▶ [EXERCISE INSTRUCTIONS]:
Given the entries that follow, write out exactly the lines starting at the one containing "pub fn coarrays(&self) -> u32" and ending at the one containing "first bad instruction.", both ends included, and only those.

[RECORDED DATA Boundary: Start]

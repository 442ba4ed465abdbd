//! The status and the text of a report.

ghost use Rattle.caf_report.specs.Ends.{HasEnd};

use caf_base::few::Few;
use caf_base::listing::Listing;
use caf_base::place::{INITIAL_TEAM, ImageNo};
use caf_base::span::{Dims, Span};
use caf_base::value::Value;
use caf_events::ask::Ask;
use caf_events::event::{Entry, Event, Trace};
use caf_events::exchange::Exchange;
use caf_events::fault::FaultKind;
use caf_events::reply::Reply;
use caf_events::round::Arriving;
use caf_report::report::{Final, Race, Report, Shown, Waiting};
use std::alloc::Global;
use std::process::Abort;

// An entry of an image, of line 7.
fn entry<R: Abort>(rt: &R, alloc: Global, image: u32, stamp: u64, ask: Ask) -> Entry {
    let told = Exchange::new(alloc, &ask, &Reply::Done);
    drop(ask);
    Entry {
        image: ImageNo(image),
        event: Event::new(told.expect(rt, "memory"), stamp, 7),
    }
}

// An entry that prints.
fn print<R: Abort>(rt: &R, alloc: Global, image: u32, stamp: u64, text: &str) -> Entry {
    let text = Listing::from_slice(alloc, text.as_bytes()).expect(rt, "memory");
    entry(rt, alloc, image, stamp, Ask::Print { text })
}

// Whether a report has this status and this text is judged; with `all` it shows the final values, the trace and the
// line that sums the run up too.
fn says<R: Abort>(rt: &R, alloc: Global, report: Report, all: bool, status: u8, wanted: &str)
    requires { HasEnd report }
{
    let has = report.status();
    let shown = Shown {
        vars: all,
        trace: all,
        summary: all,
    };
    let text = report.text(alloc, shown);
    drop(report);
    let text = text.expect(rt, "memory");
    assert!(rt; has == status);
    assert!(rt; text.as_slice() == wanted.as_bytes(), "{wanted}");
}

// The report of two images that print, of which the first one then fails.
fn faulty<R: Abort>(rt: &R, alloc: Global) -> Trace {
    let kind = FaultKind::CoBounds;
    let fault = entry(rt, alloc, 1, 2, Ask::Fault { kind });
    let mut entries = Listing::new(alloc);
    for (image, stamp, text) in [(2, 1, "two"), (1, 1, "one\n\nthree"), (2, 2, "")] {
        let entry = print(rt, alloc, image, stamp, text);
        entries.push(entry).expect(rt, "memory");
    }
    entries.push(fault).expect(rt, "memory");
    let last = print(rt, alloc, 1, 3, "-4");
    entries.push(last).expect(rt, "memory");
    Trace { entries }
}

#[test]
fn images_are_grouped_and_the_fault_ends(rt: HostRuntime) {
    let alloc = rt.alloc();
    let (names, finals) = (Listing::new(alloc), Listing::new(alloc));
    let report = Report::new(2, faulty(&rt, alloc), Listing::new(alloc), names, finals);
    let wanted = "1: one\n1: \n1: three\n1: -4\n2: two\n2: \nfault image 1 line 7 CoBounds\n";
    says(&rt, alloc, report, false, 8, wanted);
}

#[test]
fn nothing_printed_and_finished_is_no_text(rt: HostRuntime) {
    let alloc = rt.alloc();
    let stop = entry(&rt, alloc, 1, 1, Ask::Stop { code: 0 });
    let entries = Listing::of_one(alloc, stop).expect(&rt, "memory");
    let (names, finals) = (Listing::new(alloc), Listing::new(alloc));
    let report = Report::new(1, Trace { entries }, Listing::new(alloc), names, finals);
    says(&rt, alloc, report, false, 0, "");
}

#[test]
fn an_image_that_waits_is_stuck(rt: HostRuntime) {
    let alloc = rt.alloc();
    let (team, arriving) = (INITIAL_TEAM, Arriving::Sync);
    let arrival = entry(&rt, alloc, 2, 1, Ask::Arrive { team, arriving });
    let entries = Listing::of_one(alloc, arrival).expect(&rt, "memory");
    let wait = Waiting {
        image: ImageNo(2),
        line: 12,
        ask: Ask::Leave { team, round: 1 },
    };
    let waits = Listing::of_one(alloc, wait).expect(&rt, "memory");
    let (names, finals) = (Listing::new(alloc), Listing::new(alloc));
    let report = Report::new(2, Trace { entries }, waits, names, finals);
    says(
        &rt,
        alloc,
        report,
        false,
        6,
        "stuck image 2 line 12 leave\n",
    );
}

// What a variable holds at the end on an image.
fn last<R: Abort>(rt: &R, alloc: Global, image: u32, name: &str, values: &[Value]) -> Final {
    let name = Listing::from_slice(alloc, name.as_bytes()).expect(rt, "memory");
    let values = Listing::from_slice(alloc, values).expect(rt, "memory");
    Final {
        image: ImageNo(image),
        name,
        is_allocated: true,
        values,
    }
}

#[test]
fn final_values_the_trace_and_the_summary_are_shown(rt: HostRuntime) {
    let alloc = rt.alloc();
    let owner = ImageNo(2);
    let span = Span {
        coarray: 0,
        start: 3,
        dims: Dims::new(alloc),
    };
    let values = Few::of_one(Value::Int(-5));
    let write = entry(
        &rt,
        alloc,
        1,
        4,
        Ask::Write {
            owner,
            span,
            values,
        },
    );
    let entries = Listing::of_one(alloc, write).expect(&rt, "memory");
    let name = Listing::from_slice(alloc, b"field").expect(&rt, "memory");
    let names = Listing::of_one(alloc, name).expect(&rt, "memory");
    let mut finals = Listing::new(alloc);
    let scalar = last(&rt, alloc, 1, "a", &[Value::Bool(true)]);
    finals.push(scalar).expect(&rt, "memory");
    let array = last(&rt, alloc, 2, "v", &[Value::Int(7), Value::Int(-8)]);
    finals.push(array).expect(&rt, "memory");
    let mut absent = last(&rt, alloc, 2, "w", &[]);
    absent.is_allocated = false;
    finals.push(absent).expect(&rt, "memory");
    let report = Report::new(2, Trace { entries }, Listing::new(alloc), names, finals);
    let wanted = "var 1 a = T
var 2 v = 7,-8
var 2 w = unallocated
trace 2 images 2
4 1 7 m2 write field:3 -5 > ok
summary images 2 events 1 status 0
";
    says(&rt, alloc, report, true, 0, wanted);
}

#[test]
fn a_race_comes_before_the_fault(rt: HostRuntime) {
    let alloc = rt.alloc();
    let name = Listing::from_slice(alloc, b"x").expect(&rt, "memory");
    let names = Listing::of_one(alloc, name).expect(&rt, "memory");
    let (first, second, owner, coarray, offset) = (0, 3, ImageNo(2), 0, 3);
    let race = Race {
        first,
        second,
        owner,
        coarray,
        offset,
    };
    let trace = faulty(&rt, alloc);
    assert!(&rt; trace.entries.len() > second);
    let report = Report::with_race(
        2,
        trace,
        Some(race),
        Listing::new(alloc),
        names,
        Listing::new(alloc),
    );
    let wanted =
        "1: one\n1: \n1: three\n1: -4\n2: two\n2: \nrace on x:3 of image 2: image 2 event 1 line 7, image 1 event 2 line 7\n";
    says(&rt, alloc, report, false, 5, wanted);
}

[RECORDED DATA Boundary: End]
[RECORDED DATA Boundary: Start]

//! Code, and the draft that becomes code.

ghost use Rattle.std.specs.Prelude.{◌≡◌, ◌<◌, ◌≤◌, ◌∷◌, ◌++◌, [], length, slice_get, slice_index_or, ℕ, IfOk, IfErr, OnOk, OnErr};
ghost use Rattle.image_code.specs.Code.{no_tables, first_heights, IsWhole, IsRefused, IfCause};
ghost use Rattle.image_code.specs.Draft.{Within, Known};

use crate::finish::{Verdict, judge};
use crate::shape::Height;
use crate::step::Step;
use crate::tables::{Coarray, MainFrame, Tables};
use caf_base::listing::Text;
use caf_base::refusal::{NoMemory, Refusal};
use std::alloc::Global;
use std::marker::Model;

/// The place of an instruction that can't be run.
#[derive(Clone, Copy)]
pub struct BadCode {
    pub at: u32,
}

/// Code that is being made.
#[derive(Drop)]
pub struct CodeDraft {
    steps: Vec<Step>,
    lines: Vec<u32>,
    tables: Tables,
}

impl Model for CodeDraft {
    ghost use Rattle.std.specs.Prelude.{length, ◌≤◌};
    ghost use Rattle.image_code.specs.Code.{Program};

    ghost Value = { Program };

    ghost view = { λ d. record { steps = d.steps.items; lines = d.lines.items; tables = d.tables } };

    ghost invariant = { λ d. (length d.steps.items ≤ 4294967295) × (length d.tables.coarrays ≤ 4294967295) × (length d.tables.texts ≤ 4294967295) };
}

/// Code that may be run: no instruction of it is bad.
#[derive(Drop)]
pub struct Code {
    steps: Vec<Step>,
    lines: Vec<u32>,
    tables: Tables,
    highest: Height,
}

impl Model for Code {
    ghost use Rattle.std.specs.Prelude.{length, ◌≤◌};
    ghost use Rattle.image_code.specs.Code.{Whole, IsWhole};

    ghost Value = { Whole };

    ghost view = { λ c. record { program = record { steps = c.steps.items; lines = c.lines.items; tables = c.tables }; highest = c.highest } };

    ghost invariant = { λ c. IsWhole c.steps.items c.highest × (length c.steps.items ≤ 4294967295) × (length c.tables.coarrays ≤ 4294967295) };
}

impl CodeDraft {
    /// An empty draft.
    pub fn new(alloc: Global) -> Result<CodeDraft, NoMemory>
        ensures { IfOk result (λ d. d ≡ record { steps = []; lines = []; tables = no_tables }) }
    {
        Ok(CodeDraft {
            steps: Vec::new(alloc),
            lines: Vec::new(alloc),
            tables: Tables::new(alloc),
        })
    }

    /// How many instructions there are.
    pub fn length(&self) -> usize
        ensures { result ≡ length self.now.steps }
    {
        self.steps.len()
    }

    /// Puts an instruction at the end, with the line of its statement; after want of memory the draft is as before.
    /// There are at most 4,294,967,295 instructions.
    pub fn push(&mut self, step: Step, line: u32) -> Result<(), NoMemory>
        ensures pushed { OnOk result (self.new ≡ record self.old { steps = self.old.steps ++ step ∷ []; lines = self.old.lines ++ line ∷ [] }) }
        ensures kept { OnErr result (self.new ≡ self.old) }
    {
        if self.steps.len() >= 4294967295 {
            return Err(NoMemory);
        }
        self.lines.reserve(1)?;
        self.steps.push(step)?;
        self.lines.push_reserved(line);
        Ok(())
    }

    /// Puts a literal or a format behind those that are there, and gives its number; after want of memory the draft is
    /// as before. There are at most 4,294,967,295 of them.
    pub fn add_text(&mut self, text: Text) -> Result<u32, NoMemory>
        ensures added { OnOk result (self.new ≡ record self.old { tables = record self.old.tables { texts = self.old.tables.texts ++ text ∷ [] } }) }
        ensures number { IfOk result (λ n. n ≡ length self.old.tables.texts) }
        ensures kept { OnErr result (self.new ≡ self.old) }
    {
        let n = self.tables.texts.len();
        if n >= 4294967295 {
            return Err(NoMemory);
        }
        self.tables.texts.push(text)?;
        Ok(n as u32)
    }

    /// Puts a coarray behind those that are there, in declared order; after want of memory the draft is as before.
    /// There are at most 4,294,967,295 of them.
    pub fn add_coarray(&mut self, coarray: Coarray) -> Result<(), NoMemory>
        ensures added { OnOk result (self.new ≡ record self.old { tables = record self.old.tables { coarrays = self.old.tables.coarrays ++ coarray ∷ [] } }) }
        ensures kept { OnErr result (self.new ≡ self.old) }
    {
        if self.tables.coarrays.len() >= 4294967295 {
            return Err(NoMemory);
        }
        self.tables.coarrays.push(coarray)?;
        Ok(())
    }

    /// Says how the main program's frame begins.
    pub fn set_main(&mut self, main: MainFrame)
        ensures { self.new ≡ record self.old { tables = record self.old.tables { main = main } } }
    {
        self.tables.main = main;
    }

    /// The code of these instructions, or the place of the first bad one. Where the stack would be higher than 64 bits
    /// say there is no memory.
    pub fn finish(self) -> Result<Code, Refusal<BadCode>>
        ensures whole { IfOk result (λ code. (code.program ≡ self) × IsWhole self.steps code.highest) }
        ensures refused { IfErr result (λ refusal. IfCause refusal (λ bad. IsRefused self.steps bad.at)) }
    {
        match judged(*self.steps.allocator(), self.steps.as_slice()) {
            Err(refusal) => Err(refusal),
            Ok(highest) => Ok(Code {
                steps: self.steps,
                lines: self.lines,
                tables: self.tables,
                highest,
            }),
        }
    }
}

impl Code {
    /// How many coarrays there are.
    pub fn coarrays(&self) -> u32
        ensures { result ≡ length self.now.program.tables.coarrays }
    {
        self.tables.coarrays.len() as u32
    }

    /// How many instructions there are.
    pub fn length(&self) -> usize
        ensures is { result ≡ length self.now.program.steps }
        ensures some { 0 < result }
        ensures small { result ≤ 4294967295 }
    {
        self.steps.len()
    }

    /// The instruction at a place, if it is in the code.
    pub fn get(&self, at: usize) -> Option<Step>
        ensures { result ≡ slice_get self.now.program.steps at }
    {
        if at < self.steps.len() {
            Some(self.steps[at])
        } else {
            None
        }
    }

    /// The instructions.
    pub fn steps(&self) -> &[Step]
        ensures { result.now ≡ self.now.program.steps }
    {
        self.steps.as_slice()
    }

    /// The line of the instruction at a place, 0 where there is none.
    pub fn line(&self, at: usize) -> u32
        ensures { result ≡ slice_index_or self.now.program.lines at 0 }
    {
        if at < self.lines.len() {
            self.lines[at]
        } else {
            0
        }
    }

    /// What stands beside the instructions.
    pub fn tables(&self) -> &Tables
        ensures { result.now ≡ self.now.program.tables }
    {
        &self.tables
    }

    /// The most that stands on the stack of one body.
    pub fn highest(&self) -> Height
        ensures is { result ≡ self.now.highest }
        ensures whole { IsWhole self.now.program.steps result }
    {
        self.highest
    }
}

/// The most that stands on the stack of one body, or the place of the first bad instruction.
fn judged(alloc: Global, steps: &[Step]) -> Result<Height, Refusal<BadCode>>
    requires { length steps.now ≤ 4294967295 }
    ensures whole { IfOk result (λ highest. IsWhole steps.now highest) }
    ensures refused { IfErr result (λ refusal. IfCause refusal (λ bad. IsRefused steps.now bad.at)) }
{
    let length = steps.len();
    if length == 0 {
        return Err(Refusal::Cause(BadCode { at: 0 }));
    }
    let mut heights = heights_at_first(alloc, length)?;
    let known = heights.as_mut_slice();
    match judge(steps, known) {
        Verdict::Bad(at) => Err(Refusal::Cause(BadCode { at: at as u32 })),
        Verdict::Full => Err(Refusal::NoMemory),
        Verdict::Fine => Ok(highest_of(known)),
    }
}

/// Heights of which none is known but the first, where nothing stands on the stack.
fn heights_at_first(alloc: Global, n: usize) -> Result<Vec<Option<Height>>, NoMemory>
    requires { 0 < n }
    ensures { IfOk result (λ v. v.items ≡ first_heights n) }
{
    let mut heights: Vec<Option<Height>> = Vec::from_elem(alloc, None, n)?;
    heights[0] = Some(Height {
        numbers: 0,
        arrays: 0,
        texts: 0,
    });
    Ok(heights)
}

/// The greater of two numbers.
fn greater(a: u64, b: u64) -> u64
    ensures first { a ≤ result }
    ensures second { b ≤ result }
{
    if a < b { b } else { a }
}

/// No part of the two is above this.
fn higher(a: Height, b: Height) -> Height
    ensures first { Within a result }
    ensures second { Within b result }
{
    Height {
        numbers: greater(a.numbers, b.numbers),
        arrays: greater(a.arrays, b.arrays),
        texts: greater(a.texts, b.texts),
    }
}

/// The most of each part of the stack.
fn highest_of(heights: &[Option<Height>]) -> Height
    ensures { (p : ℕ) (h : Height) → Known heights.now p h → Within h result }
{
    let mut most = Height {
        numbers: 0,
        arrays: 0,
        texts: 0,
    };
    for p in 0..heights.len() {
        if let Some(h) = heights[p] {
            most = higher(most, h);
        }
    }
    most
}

[RECORDED DATA Boundary: End]

▶ [TASK OUTPUT]:
    pub fn coarrays(&self) -> u32
        ensures { result ≡ length self.now.program.tables.coarrays }
    {
        self.tables.coarrays.len() as u32
    }

    /// How many instructions there are.
    pub fn length(&self) -> usize
        ensures is { result ≡ length self.now.program.steps }
        ensures some { 0 < result }
        ensures small { result ≤ 4294967295 }
    {
        self.steps.len()
    }

    /// The instruction at a place, if it is in the code.
    pub fn get(&self, at: usize) -> Option<Step>
        ensures { result ≡ slice_get self.now.program.steps at }
    {
        if at < self.steps.len() {
            Some(self.steps[at])
        } else {
            None
        }
    }

    /// The instructions.
    pub fn steps(&self) -> &[Step]
        ensures { result.now ≡ self.now.program.steps }
    {
        self.steps.as_slice()
    }

    /// The line of the instruction at a place, 0 where there is none.
    pub fn line(&self, at: usize) -> u32
        ensures { result ≡ slice_index_or self.now.program.lines at 0 }
    {
        if at < self.lines.len() {
            self.lines[at]
        } else {
            0
        }
    }

    /// What stands beside the instructions.
    pub fn tables(&self) -> &Tables
        ensures { result.now ≡ self.now.program.tables }
    {
        &self.tables
    }

    /// The most that stands on the stack of one body.
    pub fn highest(&self) -> Height
        ensures is { result ≡ self.now.highest }
        ensures whole { IsWhole self.now.program.steps result }
    {
        self.highest
    }
}

/// The most that stands on the stack of one body, or the place of the first bad instruction.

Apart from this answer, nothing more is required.